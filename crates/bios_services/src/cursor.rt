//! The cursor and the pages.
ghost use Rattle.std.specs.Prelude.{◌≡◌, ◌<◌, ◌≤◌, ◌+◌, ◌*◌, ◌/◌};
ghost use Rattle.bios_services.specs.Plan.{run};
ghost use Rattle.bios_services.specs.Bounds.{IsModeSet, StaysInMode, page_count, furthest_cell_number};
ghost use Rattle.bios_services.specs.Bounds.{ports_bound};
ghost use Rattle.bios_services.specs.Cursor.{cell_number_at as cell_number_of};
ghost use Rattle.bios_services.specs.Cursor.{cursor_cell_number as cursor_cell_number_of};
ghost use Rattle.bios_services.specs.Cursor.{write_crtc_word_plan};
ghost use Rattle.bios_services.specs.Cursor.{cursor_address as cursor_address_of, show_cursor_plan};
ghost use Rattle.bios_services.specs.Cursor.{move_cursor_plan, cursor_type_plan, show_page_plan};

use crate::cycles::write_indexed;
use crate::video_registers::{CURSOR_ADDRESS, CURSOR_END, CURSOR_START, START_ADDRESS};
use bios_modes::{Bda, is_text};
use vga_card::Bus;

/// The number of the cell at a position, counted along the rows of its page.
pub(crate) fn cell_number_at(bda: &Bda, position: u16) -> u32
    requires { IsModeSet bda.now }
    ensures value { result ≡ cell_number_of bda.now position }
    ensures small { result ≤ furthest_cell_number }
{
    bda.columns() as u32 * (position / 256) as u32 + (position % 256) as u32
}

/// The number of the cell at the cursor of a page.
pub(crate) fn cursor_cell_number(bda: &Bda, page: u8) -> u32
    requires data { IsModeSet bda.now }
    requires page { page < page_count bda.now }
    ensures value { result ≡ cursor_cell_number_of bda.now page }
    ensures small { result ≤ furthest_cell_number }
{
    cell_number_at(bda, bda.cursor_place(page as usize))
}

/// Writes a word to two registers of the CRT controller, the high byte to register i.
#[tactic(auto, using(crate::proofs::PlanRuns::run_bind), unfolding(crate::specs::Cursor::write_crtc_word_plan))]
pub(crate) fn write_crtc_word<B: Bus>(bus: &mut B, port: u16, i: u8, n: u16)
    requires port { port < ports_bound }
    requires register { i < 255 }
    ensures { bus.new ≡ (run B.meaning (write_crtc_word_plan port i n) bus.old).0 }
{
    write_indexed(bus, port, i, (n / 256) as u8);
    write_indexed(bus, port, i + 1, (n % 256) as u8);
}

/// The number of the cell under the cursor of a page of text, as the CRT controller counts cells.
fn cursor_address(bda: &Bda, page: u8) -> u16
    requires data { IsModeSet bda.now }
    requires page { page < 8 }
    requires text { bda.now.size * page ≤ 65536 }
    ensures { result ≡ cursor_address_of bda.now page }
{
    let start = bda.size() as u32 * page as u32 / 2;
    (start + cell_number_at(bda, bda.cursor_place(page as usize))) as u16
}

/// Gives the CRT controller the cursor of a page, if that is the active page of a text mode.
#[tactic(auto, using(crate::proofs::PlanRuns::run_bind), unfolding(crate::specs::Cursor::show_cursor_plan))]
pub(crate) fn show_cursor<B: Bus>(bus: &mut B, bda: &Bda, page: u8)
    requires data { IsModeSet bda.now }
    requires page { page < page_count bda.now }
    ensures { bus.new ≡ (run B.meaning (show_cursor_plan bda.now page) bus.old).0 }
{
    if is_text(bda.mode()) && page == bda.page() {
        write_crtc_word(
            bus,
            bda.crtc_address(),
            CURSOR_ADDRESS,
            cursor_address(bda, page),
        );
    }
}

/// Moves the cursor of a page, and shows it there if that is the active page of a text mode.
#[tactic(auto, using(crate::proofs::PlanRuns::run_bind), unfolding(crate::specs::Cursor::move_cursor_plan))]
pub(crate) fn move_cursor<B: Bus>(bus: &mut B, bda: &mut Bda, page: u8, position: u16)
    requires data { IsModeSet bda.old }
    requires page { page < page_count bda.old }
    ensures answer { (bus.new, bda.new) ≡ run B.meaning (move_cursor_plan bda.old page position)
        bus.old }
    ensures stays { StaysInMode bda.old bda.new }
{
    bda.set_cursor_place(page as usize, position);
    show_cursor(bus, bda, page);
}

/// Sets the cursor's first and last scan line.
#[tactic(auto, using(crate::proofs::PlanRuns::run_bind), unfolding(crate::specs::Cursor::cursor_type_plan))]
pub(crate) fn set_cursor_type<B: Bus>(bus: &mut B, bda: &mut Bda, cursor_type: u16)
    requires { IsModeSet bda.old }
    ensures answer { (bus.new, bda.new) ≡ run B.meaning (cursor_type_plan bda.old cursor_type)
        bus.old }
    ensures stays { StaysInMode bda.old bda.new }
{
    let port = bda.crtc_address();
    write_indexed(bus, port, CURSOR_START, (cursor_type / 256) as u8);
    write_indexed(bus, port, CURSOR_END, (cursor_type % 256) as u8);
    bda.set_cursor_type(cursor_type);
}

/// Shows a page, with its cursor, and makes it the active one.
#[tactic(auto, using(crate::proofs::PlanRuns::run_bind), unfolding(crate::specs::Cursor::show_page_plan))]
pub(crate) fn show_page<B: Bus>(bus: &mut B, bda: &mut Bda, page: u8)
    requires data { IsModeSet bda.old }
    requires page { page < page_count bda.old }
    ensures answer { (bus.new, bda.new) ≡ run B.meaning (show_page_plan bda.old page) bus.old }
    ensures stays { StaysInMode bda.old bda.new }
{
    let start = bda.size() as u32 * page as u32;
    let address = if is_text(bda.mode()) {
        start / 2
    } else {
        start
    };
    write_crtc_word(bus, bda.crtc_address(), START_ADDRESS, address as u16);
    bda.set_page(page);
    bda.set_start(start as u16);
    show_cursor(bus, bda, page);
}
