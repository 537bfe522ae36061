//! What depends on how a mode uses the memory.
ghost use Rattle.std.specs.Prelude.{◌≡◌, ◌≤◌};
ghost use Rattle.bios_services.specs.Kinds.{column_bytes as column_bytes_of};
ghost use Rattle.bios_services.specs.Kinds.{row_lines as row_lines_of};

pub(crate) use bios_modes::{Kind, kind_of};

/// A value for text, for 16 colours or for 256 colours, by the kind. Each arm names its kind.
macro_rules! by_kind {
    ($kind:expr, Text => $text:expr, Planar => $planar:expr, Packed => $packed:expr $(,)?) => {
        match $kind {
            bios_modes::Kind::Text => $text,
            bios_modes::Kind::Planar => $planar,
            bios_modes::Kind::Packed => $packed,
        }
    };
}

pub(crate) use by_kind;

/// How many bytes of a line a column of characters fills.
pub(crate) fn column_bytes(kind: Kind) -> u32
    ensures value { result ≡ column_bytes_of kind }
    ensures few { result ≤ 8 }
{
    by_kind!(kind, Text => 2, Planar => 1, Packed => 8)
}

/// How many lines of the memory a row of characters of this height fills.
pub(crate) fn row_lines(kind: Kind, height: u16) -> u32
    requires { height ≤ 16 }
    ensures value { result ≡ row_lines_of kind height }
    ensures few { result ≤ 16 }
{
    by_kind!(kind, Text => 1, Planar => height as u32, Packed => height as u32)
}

+ + +

In the data above, copy every line where the string "active" appears.

/// Gives the CRT controller the cursor of a page, if that is the active page of a text mode.
/// Moves the cursor of a page, and shows it there if that is the active page of a text mode.
/// Shows a page, with its cursor, and makes it the active one.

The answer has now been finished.